Ich habe seit ca. 2 Jahren ununterbrochen Kontrollzwänge und auch starke Zwangsgedanken.
Hört der eine Zwangsgedanke auf, kommt mit einer maximalen Verschnaufpause von zwei Minuten der nächste.
Dazu kam dann noch die depressive Verstimmung.
Ich konnte nicht mehr, wurde nach meinem Suizidversuch das erste Mal in eine psychiatrische Klinik eingewiesen.

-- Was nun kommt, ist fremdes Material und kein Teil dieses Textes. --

ghost use Rattle.std.specs.Prelude.{◌≡◌, ◌<◌, ◌≤◌, ◌+◌, ◌^◌, length, IfOk, IsOk, ◌↔◌, is_some};
ghost use Rattle.std.specs.Io.{ReadsAtMost};
ghost use Rattle.io_edges.specs.Causes.{CountsFaults, HasCause};

use crate::disk::Disk;
use io_edges::Failed;
use std::fs::File;
use std::io;
use std::io::{Read, Seek, SeekFrom, Write};
use std::marker::Model;

/// A disk over a file of the system, or over none. It tells nothing of content: that a file keeps
/// the rules of a disk is trusted. Without a file each call raises the count and fails.
#[derive(Drop)]
pub struct FileDisk {
    file: Option<File>,
    faults: u64,
}

impl Model for FileDisk {
    ghost use Rattle.std.specs.Prelude.{is_some};
    ghost use Rattle.disk_model.specs.File.{FileState};

    ghost Value = { FileState };

    ghost view = { λ s. record { is_open = is_some s.file; faults = s.faults } };
}

impl FileDisk {
    /// A disk over `file`, which was opened to read and to write, or over none where it couldn't be
    /// opened or isn't named. The count of faults begins at 0.
    pub fn new(file: Option<File>) -> FileDisk
        ensures file { result.is_open ≡ is_some file }
        ensures begins { result.faults ≡ 0 }
    {
        FileDisk { file, faults: 0 }
    }
}

impl Disk for FileDisk {
    ghost use Rattle.std.specs.Prelude.{None};
    ghost use Rattle.disk_model.specs.File.{FailsIfMissing};

    ghost told = { λ _. None };

    ghost may_leave = { λ _ _. ⊥ };

    ghost moment = { λ _. 0 };

    ghost left_since = { λ _ _ _. ⊥ };

    ghost faults = { λ s. s.faults };

    ghost counts_now = { λ _ _ _ _ left. left };

    ghost only_now = { λ _ _ left. left };

    ghost reads_an_image = { λ _. tt };

    fn length(&mut self) -> Result<u64, Failed>
        ensures within { IfOk result (λ n. n < 2 ^ 63) }
        ensures cause { HasCause self.old.faults self.new.faults result }
        ensures fails { FailsIfMissing self.old self.new result }
    {
        let outcome = match &self.file {
            Some(file) => length_of(file),
            None => Err(missing()),
        };
        counted(outcome, &mut self.faults)
    }

    fn read(&mut self, at: u64, buf: &mut [u8]) -> Result<usize, Failed>
        requires { at < 2 ^ 63 }
        ensures bound { ReadsAtMost result buf.new }
        ensures cause { HasCause self.old.faults self.new.faults result }
        ensures fails { FailsIfMissing self.old self.new result }
    {
        let outcome = match &mut self.file {
            Some(file) => read_from(file, at, buf),
            None => Err(missing()),
        };
        counted(outcome, &mut self.faults)
    }

    fn write_at(&mut self, at: u64, piece: &[u8]) -> Result<(), Failed>
        requires { at + length piece.now < 2 ^ 63 }
        ensures cause { HasCause self.old.faults self.new.faults result }
        ensures fails { FailsIfMissing self.old self.new result }
    {
        let outcome = match &mut self.file {
            Some(file) => write_from(file, at, piece),
            None => Err(missing()),
        };
        counted(outcome, &mut self.faults)
    }

    fn cut(&mut self, end: u64) -> Result<(), Failed>
        requires { end < 2 ^ 63 }
        ensures cause { HasCause self.old.faults self.new.faults result }
        ensures fails { FailsIfMissing self.old self.new result }
    {
        let outcome = match &self.file {
            Some(file) => file.set_len(end),
            None => Err(missing()),
        };
        counted(outcome, &mut self.faults)
    }

    fn sync(&mut self) -> Result<(), Failed>
        ensures cause { HasCause self.old.faults self.new.faults result }
        ensures fails { FailsIfMissing self.old self.new result }
    {
        let outcome = match &self.file {
            Some(file) => file.sync_all(),
            None => Err(missing()),
        };
        counted(outcome, &mut self.faults)
    }
}

/// What the system answers where there is no file.
fn missing() -> io::Error {
    io::ErrorKind::NotFound.into()
}

/// Counts a fault at each error, and drops what the system says of it.
fn counted<T>(outcome: io::Result<T>, faults: &mut u64) -> Result<T, Failed>
    ensures answer { IsOk result ↔ IsOk outcome }
    ensures value { IfOk result (λ value. outcome ≡ Ok value) }
    ensures counts { CountsFaults faults.old faults.new result }
    ensures cause { HasCause faults.old faults.new result }
{
    match outcome {
        Ok(value) => Ok(value),
        Err(_) => {
            *faults = faults.saturating_add(1);
            Err(Failed)
        }
    }
}

/// The file's length. One of 2^63 or more, which no system gives, is an error.
fn length_of(file: &File) -> io::Result<u64>
    ensures { IfOk result (λ n. n < 2 ^ 63) }
{
    let count = file.metadata()?.len();
    if count >= 1 << 63 {
        return Err(io::ErrorKind::InvalidData.into());
    }
    Ok(count)
}

/// Fills `buf` with the bytes from `at` on, as far as there are any, in as many reads as it takes.
fn read_from(file: &mut File, at: u64, buf: &mut [u8]) -> io::Result<usize>
    ensures { ReadsAtMost result buf.new }
{
    file.seek(SeekFrom::Start(at))?;
    let mut count = 0;
    while count < buf.len() {
        let more = file.read(&mut buf[count..])?;
        if more == 0 {
            break;
        }
        count += more;
    }
    Ok(count)
}

/// Writes the whole piece from `at` on, in as many writes as it takes. One that takes nothing is
/// an error.
fn write_from(file: &mut File, at: u64, piece: &[u8]) -> io::Result<()> {
    file.seek(SeekFrom::Start(at))?;
    let mut count = 0;
    while count < piece.len() {
        let more = file.write(&piece[count..])?;
        if more == 0 {
            return Err(io::ErrorKind::WriteZero.into());
        }
        count += more;
    }
    Ok(())
}
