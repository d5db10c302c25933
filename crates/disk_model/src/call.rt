ghost use Rattle.std.specs.Prelude.{◌≡◌, IfOk};

use std::alloc::{AllocError, Global};
use std::marker::Model;

/// The bytes of a write.
#[derive(Drop)]
pub struct Piece {
    bytes: Vec<u8>,
}

impl Model for Piece {
    ghost use Rattle.std.specs.Prelude.{ℕ, List};

    ghost Value = { List ℕ };

    ghost view = { λ s. s.bytes.items };
}

impl Piece {
    /// A copy of `bytes`. The only error is want of memory.
    pub fn from_slice(alloc: Global, bytes: &[u8]) -> Result<Piece, AllocError>
        ensures { IfOk result (λ piece. piece ≡ bytes.now) }
    {
        Ok(Piece {
            bytes: Vec::from_slice(alloc, bytes)?,
        })
    }

    /// The bytes.
    pub fn as_slice(&self) -> &[u8]
        ensures { result.now ≡ self.now }
    {
        self.bytes.as_slice()
    }
}

/// A call of a disk in memory, as the disk keeps it.
#[derive(Drop)]
pub enum DiskCall {
    /// A `length` or a `read`, whatever it answered, or a `sync` that failed.
    Looked,
    /// A write from a place on that was done.
    Wrote(u64, Piece),
    /// A write from a place on of so many bytes that failed.
    WriteFailed(u64, usize),
    /// A cut to a length that was done.
    CutOff(u64),
    /// A cut to a length that failed.
    CutFailed(u64),
    /// A sync that was done.
    Synced,
}
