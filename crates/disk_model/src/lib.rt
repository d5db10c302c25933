//! A disk that may crash: what its calls promise, a disk in memory that tears as the rules allow,
//! and a disk over a file.
#![tactic(auto)]

mod bytes;
mod call;
mod crash;
mod disk;
mod file;
mod memory;
mod through;

pub use call::{DiskCall, Piece};
pub use crash::Crash;
pub use disk::Disk;
pub use file::FileDisk;
pub use memory::MemDisk;
pub use through::{cut_through, write_through, write_two_through};
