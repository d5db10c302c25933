ghost use Rattle.std.specs.Prelude.{◌≡◌, ◌≤◌, length, take, drop, OnOk, OnErr};
ghost use Rattle.disk_model.specs.Disk.{written};

use std::alloc::AllocError;

/// Copies bytes from the place `at` on: as many as there is room for, fewer only at the end.
pub(crate) fn copy_from(bytes: &[u8], at: usize, buf: &mut [u8]) -> usize
    ensures bound { result ≤ length buf.new }
    ensures copied { take result buf.new ≡ take (length buf.new) (drop at bytes.now) }
{
    let at = at.min(bytes.len());
    copy_front(&bytes[at..], buf)
}

/// Copies as many bytes as there are, or as there is room for.
fn copy_front(bytes: &[u8], buf: &mut [u8]) -> usize
    ensures bound { result ≤ length buf.new }
    ensures copied { take result buf.new ≡ take (length buf.new) bytes.now }
{
    let count = bytes.len().min(buf.len());
    buf[..count].copy_from_slice(&bytes[..count]);
    count
}

/// Puts a piece over the bytes from `at` on, or from their end where that comes first, and past
/// their end.
pub(crate) fn overwrite(bytes: &mut Vec<u8>, at: usize, piece: &[u8]) -> Result<(), AllocError>
    ensures ok { OnOk result (bytes.new.items ≡ written at piece.now bytes.old.items) }
    ensures err { OnErr result (bytes.new.items ≡ bytes.old.items) }
{
    let from = at.min(bytes.len());
    let overlap = piece.len().min(bytes.len() - from);
    bytes.extend_from_slice(&piece[overlap..])?;
    bytes[from..from + overlap].copy_from_slice(&piece[..overlap]);
    Ok(())
}
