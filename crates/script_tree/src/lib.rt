//! Syntax trees of scripts.
#![tactic(auto)]

use script_text::{Reserved, Sign};
use sqlite_items::{Boxed, Items};
use value_model::{Safe, Text};

/// A name, in its bytes, and the number of its token.
#[derive(Debug, Drop)]
pub struct Name {
    /// The number of its token in the source, from 0.
    pub at: usize,
    /// Its bytes, as the source spells it.
    pub text: Items<u8>,
}

/// A word or a text in the place of a key.
#[derive(Debug, Drop)]
pub enum Label {
    /// A word that may be a name.
    Name(Name),
    /// A word that is no name.
    Reserved(Reserved),
    /// A text between quotes, by its value.
    Quoted(Text),
    /// The name that the value beside it is, which stands alone: `{a}`.
    Short,
}

/// A member: its word behind a dot, or an index between brackets, which stands beside it.
#[derive(Debug, Drop)]
pub enum Access {
    /// The word behind a dot.
    Dot(Label),
    /// Brackets, whose index stands beside.
    Index,
}

/// An expression. Round brackets stay, and a list or an object literal says whether a comma stands behind its last
/// element.
#[derive(Drop)]
pub enum Expr {
    /// An integer, not below 0.
    Number(Safe),
    /// A text, by its value.
    Text(Text),
    /// `true`
    True,
    /// `false`
    False,
    /// `null`
    Null,
    /// `undefined`
    Undefined,
    /// A variable.
    Name(Name),
    /// An expression in round brackets.
    Round(Boxed<Expr>),
    /// The elements of a list literal.
    List(Items<Expr>, bool),
    /// The keys of an object literal, each with its value.
    Object(Items<(Label, Expr)>, bool),
    /// What stands alone and one or more members, each with no expression behind a dot and one between brackets.
    Member(Boxed<Expr>, Items<(Access, Items<Expr>)>),
    /// `!` or `-`, and the operand.
    Unary(Sign, Boxed<Expr>),
    /// The operators of one level, from 0, the tightest, to 5: the first operand, and one or more operators with
    /// their right operands.
    Chain(usize, Boxed<Expr>, Items<(Sign, Expr)>),
    /// A test and its two branches.
    Choice(Boxed<Expr>, Boxed<Expr>, Boxed<Expr>),
}

/// A statement or a declaration.
#[derive(Drop)]
pub enum Stmt {
    /// A constant and its value.
    Const(Name, Expr),
    /// A variable and its first value, where it has one.
    Let(Name, Option<Expr>),
    /// The declarations and statements between braces.
    Block(Items<Stmt>),
    /// `;` alone.
    Empty,
    /// A test, a statement and what stands behind `else`; these two are no declarations.
    If(Expr, Boxed<Stmt>, Option<Boxed<Stmt>>),
    /// `return`, with what is returned where something is.
    Return(Option<Expr>),
    /// What is thrown, and whether it stands in `new Error(..)`.
    Throw(Expr, bool),
    /// What is deleted, a member.
    Delete(Expr),
    /// What is assigned, and the value.
    Set(Expr, Expr),
    /// An expression that stands as a statement.
    Do(Expr),
}

/// A reducer: its name, its one or two parameters and its body. A program is the list of its reducers.
#[derive(Drop)]
pub struct Reducer {
    /// Its name.
    pub name: Name,
    /// Its first parameter, which stands for the state.
    pub state: Name,
    /// Its second parameter, which stands for the action, where it has one.
    pub action: Option<Name>,
    /// The declarations and statements of its body.
    pub body: Items<Stmt>,
}
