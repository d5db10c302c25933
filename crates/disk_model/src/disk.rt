ghost use Rattle.std.specs.Prelude.{◌≡◌, ◌<◌, ◌≤◌, ◌+◌, ◌^◌, ℕ, List, Option, length, take, drop, IfOk, OnOk, IfSome, is_some, option_map};
ghost use Rattle.std.specs.Io.{ReadsAtMost};
ghost use Rattle.io_edges.specs.Causes.{HasCause};
ghost use Rattle.disk_model.specs.Disk.{written, Torn, Cut, Follows, AddsNone, IsSettled, Elapses};

use io_edges::Failed;

/// A file on a disk, as a journal sees it: what a read gives, and what a crash may leave, its
/// images. What the calls do is as POSIX has it; what a crash may leave is a rule of this project.
///
/// Between two syncs each written range, and every byte past the old end, may hold any bytes in an
/// image, and an image may end at any length between the shortest and the longest since the last
/// sync. Bytes that weren't written stay. A write or a cut that fails leaves its range as one that
/// isn't synced. What a read gives is always one of the images.
///
/// Each call that answers `Failed` raised the count of faults, or found it at its end, 2^64 - 1.
pub trait Disk {
    /// The bytes as a read gives them, where the disk tells them. Once told, they are told after
    /// each call.
    ghost told: { Self → Option (List ℕ) };

    /// The images that a crash now may leave.
    ghost may_leave: { Self → List ℕ → Type 0 };

    /// The clock, a number that doesn't fall.
    ghost moment: { Self → ℕ };

    /// The images that a crash at some moment since that one may have left, within a call or
    /// between two.
    ghost left_since: { Self → ℕ → List ℕ → Type 0 };

    /// How many calls have failed. It never falls.
    ghost faults: { Self → ℕ };

    /// How many bytes there are, below 2^63. The bytes stay, and no image is added.
    fn length(&mut self) -> Result<u64, Failed>
        ensures answer { IfOk result (λ n. IfSome (told self.old) (λ bytes. n ≡ length bytes)) }
        ensures within { IfOk result (λ n. n < 2 ^ 63) }
        ensures bytes { told self.new ≡ told self.old }
        ensures images { AddsNone (may_leave self.old) (may_leave self.new) }
        ensures time { Elapses moment left_since may_leave self.old self.new }
        ensures cause { HasCause (faults self.old) (faults self.new) result };

    /// Gives the bytes from `at` on into the front of `buf` and answers how many: as many as `buf`
    /// has room for, fewer only at the end. The bytes stay, and no image is added.
    fn read(&mut self, at: u64, buf: &mut [u8]) -> Result<usize, Failed>
        requires { at < 2 ^ 63 }
        ensures bound { ReadsAtMost result buf.new }
        ensures answer { IfOk result (λ n. IfSome (told self.old) (λ bytes. take n buf.new ≡ take (length buf.new) (drop at bytes))) }
        ensures bytes { told self.new ≡ told self.old }
        ensures images { AddsNone (may_leave self.old) (may_leave self.new) }
        ensures time { Elapses moment left_since may_leave self.old self.new }
        ensures cause { HasCause (faults self.old) (faults self.new) result };

    /// Writes over the bytes from `at` on, and past the end, as `write` of POSIX at that offset does.
    /// `at` is at most the length, where the bytes are told.
    fn write_at(&mut self, at: u64, piece: &[u8]) -> Result<(), Failed>
        requires begins { IfSome (told self.old) (λ bytes. at ≤ length bytes) }
        requires within { at + length piece.now < 2 ^ 63 }
        ensures done { OnOk result (told self.new ≡ option_map (written at piece.now) (told self.old)) }
        ensures tells { is_some (told self.new) ≡ is_some (told self.old) }
        ensures images { Follows (Torn at (length piece.now)) (may_leave self.old) (may_leave self.new) }
        ensures time { Elapses moment left_since may_leave self.old self.new }
        ensures cause { HasCause (faults self.old) (faults self.new) result };

    /// Cuts the bytes off from `end` on, as `ftruncate` of POSIX does. `end` is at most the length,
    /// where the bytes are told.
    fn cut(&mut self, end: u64) -> Result<(), Failed>
        requires ends { IfSome (told self.old) (λ bytes. end ≤ length bytes) }
        requires within { end < 2 ^ 63 }
        ensures done { OnOk result (told self.new ≡ option_map (take end) (told self.old)) }
        ensures tells { is_some (told self.new) ≡ is_some (told self.old) }
        ensures images { Follows (Cut end) (may_leave self.old) (may_leave self.new) }
        ensures time { Elapses moment left_since may_leave self.old self.new }
        ensures cause { HasCause (faults self.old) (faults self.new) result };

    /// Makes the bytes and the length last, as `fsync` of POSIX does: afterwards an image is what a
    /// read gives. The bytes stay, and no image is added; where it fails, it doesn't count as a sync.
    fn sync(&mut self) -> Result<(), Failed>
        ensures done { OnOk result (IsSettled told may_leave self.new) }
        ensures bytes { told self.new ≡ told self.old }
        ensures images { AddsNone (may_leave self.old) (may_leave self.new) }
        ensures time { Elapses moment left_since may_leave self.old self.new }
        ensures cause { HasCause (faults self.old) (faults self.new) result };

    /// This moment is one of those since an earlier one.
    ghost counts_now: { (disk : Self) (t : ℕ) (image : List ℕ) → t ≤ moment disk → may_leave disk image → left_since disk t image };

    /// Since this moment there was no other.
    ghost only_now: { (disk : Self) (image : List ℕ) → left_since disk (moment disk) image → may_leave disk image };

    /// What a read gives is one of the images.
    ghost reads_an_image: { (disk : Self) → IfSome (told disk) (may_leave disk) };
}
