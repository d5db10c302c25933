ghost use Rattle.std.specs.Prelude.{◌≡◌, ◌≤◌, ℕ, length, IfOk, OnOk};
ghost use Rattle.disk_model.specs.Memory.{after_call, after_calls};
ghost use Rattle.disk_model.specs.Crash.{is_in, covers, are_covered, filled_from, succeeds_as_sync, synced_count, crashed};

use crate::bytes::overwrite;
use crate::call::DiskCall;
use std::alloc::{AllocError, Global};

/// What a crash does to what isn't synced.
#[derive(Clone, Copy, Debug, PartialEq, Eq)]
pub enum Crash {
    /// It is lost: what a read gave after the last sync that succeeded is left, or at the start
    /// where there was none.
    Lost,
    /// It is kept: what a read gives is left.
    Kept,
    /// What a read gives is left, with this byte at each place that a write since the last sync
    /// that succeeded covered, a failed write included.
    Filled(u8),
}

/// What a crash of this kind leaves after these calls. The only error is want of memory.
pub(crate) fn crash_image(
    alloc: Global,
    first: &[u8],
    calls: &[DiskCall],
    kind: Crash,
) -> Result<Vec<u8>, AllocError>
    ensures { IfOk result (λ image. image.items ≡ crashed kind first.now calls.now) }
{
    let synced = count_synced(calls);
    match kind {
        Crash::Lost => replay(alloc, first, &calls[..synced]),
        Crash::Kept => replay(alloc, first, calls),
        Crash::Filled(byte) => {
            let kept = replay(alloc, first, calls)?;
            fill(alloc, &kept, &calls[synced..], byte)
        }
    }
}

/// How many of the calls came up to the last sync that succeeded.
fn count_synced(calls: &[DiskCall]) -> usize
    ensures answer { result ≡ synced_count calls.now }
    ensures within { result ≤ length calls.now }
{
    let mut count = 0;
    for (i, call) in calls.iter().enumerate() {
        if is_sync(call) {
            count = i + 1;
        }
    }
    count
}

/// Whether this is a sync that succeeded.
fn is_sync(call: &DiskCall) -> bool
    ensures { result ≡ succeeds_as_sync call.now }
{
    match call {
        DiskCall::Synced => true,
        DiskCall::Looked
        | DiskCall::Wrote(_, _)
        | DiskCall::WriteFailed(_, _)
        | DiskCall::CutOff(_)
        | DiskCall::CutFailed(_) => false,
    }
}

/// What a read gives after these calls.
fn replay(alloc: Global, first: &[u8], calls: &[DiskCall]) -> Result<Vec<u8>, AllocError>
    ensures { IfOk result (λ bytes. bytes.items ≡ after_calls first.now calls.now) }
{
    let mut bytes = Vec::from_slice(alloc, first)?;
    for call in calls {
        redo(&mut bytes, call)?;
    }
    Ok(bytes)
}

/// Does a call again.
fn redo(bytes: &mut Vec<u8>, call: &DiskCall) -> Result<(), AllocError>
    ensures { OnOk result (bytes.new.items ≡ after_call bytes.old.items call.now) }
{
    match call {
        DiskCall::Wrote(at, piece) => overwrite(bytes, *at as usize, piece.as_slice()),
        DiskCall::CutOff(end) => {
            bytes.truncate(*end as usize);
            Ok(())
        }
        DiskCall::Looked
        | DiskCall::WriteFailed(_, _)
        | DiskCall::CutFailed(_)
        | DiskCall::Synced => Ok(()),
    }
}

/// The bytes, with `byte` at each place that a write among the calls covered.
fn fill(alloc: Global, bytes: &[u8], calls: &[DiskCall], byte: u8) -> Result<Vec<u8>, AllocError>
    ensures { IfOk result (λ image. image.items ≡ filled_from 0 (are_covered calls.now) byte bytes.now) }
{
    let mut image = Vec::new(alloc);
    for (i, &kept) in bytes.iter().enumerate() {
        image.push(if is_covered(calls, i) { byte } else { kept })?;
    }
    Ok(image)
}

/// Whether a write among the calls covered this place.
fn is_covered(calls: &[DiskCall], place: usize) -> bool
    ensures { result ≡ are_covered calls.now place }
{
    for call in calls {
        if is_in_range(call, place) {
            return true;
        }
    }
    false
}

/// Whether this is a write that covered the place, done or not.
fn is_in_range(call: &DiskCall, place: usize) -> bool
    ensures { result ≡ covers call.now place }
{
    match call {
        DiskCall::Wrote(at, piece) => is_within(*at as usize, piece.as_slice().len(), place),
        DiskCall::WriteFailed(at, count) => is_within(*at as usize, *count, place),
        DiskCall::Looked | DiskCall::CutOff(_) | DiskCall::CutFailed(_) | DiskCall::Synced => false,
    }
}

/// Whether the place is one of the `count` from `at` on.
fn is_within(at: usize, count: usize, place: usize) -> bool
    ensures { result ≡ is_in at count place }
{
    at <= place && place - at < count
}
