//! Whether a JSON value is another one without the members at some locations.
ghost use Rattle.std.specs.Prelude.{◌≡◌, IfOk, IsTrue};
ghost use Rattle.json.specs.Value.{items_view, members_view, value_view};
ghost use Rattle.openapi_removal.specs.Below.{places_of};
ghost use Rattle.openapi_removal.specs.Without.{items_without, json_without, members_without};

use crate::below::{below_item, by_index};
use crate::plan::plans_of;
use json::Value;
use openapi_node::PlaceStep;
use std::alloc::{AllocError, Global};

/// Returns whether `found` is a value without the members at some locations. Numbers are compared as they are written.
///
/// # Errors
///
/// Returns [`AllocError`] if an allocation fails.
#[cycle(compare)]
pub(crate) fn is_without(
    alloc: Global,
    value: &Value<'_>,
    places: &[&[PlaceStep]],
    found: &Value<'_>,
) -> Result<bool, AllocError>
    ensures { IfOk result (λ is. IsTrue is → value_view found.now ≡ json_without (places_of places.now) (value_view value.now)) }
{
    match (value, found) {
        (Value::Null, Value::Null) => Ok(true),
        (Value::Bool(a), Value::Bool(b)) => Ok(*a == *b),
        (Value::Number(a), Value::Number(b)) => Ok(*a == *b),
        (Value::String(a), Value::String(b)) => Ok(*a == *b),
        (Value::Array(a), Value::Array(b)) => items_are_without(alloc, a, places, b),
        (Value::Object(a), Value::Object(b)) => members_are_without(alloc, a, places, b),
        _ => Ok(false),
    }
}

/// Returns whether `found` has the items of an array without the members at some locations.
#[cycle(compare)]
fn items_are_without(
    alloc: Global,
    values: &Vec<Value<'_>>,
    places: &[&[PlaceStep]],
    found: &Vec<Value<'_>>,
) -> Result<bool, AllocError>
    ensures { IfOk result (λ is. IsTrue is
        → items_view found.now.items ≡ items_without (places_of places.now) 0 (items_view values.now.items)) }
{
    if found.len() != values.len() {
        return Ok(false);
    }
    let groups = by_index(alloc, places)?;
    let mut left = values.len();
    while left > 0 {
        left -= 1;
        let inside = below_item(&groups, left, &[]);
        if !is_without(alloc, &values[left], inside, &found[left])? {
            return Ok(false);
        }
    }
    Ok(true)
}

/// Returns whether `found` has the members of an object without the members at some locations.
#[cycle(compare)]
fn members_are_without(
    alloc: Global,
    members: &Vec<(&str, Value<'_>)>,
    places: &[&[PlaceStep]],
    found: &Vec<(&str, Value<'_>)>,
) -> Result<bool, AllocError>
    ensures { IfOk result (λ is. IsTrue is
        → members_view found.now.items ≡ members_without (places_of places.now) (members_view members.now.items)) }
{
    let plans = plans_of(alloc, members, places)?;
    let mut left = members.len();
    let mut rest = found.len();
    while left > 0 {
        left -= 1;
        if let Some(inside) = &plans[left] {
            if rest == 0 {
                return Ok(false);
            }
            rest -= 1;
            let (name, value) = &members[left];
            let (found_name, found_value) = &found[rest];
            if *found_name != *name {
                return Ok(false);
            }
            if !is_without(alloc, value, inside.as_slice(), found_value)? {
                return Ok(false);
            }
        }
    }
    Ok(rest == 0)
}
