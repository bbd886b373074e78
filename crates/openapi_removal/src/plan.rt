//! What is to be made of each member of an object.
ghost use Rattle.std.specs.Prelude.{◌≡◌, ◌&&◌, not, ℕ, cond, List, [], IfOk, length, map};
ghost use Rattle.std.specs.Str.{bytes_eq};
ghost use Rattle.json.specs.Value.{members_view};
ghost use Rattle.openapi_faults.specs.Without.{has_root};
ghost use Rattle.openapi_removal.specs.Below.{at_name, places_of};
ghost use Rattle.openapi_removal.specs.Plans.{plan_by, planned, plans};

use crate::below::{ByName, by_name, has_root};
use json::Value;
use openapi_node::PlaceStep;
use std::alloc::{AllocError, Global};

/// What is to be made of a member: `None` if it is removed, and else the locations of the members that are removed from its value, as
/// they are seen from there.
pub(crate) type Plan<'p> = Option<Vec<&'p [PlaceStep]>>;

/// Returns the plan of each member of an object from which the members at some locations are removed.
///
/// Locations lead to the last member of a name. If that is removed, the others of its name are too: else one of them would count.
pub(crate) fn plans_of<'p>(
    alloc: Global,
    members: &Vec<(&str, Value<'_>)>,
    places: &[&'p [PlaceStep]],
) -> Result<Vec<Plan<'p>>, AllocError>
    ensures plans { IfOk result (λ v. map planned v.items ≡ plans (places_of places.now) (members_view members.now.items)) }
    ensures length { IfOk result (λ v. length v.items ≡ length members.now.items) }
{
    let mut groups = by_name(alloc, places)?;
    let mut plans = Vec::with_capacity(alloc, members.len())?;
    let mut left = members.len();
    while left > 0 {
        left -= 1;
        let plan = take_plan(alloc, &mut groups, members[left].0);
        plans.push(plan)?;
    }
    plans.reverse();
    Ok(plans)
}

/// Returns the plan of the last member of a name that has none yet. If it stays, no location is left for the members before it.
fn take_plan<'p>(alloc: Global, groups: &mut ByName<'p>, name: &str) -> Plan<'p>
    ensures plan { planned result ≡ plan_by (at_name groups.old name.now) }
    ensures left { (n : List ℕ) → at_name groups.new n
        ≡ cond (bytes_eq name.now n && not (has_root (at_name groups.old n))) [] (at_name groups.old n) }
{
    if is_removed(groups, name) {
        return None;
    }
    Some(groups.remove(name).unwrap_or(Vec::new(alloc)))
}

/// Returns whether the members of a name are removed.
fn is_removed(groups: &ByName<'_>, name: &str) -> bool
    ensures { result ≡ has_root (at_name groups.now name.now) }
{
    match groups.get(name) {
        Some(inside) => has_root(inside.as_slice()),
        None => false,
    }
}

Ca. 3 Monate vergehen, in denen ich in einer Psychiatrie in Bayern in Behandlung bin, dann das „nahezu einzige Ergebnis“:
Lithium (Quilonum retard) 450 – 0 – 450 mg
Olanzapin (Zyprexa) 10 – 0 – 10 mg
Escitalopram (Cipralex) 20 – 0 – 0 mg
Pipamperon (Dipiperon) 0 – 0 – 40 mg
Mir geht es aber immer noch sehr schlecht, auf den zweiten Suizidversuch folgt der dritte und dann der vierte, dazwischen unzählige stationäre Aufenthalte in der Psychiatrie.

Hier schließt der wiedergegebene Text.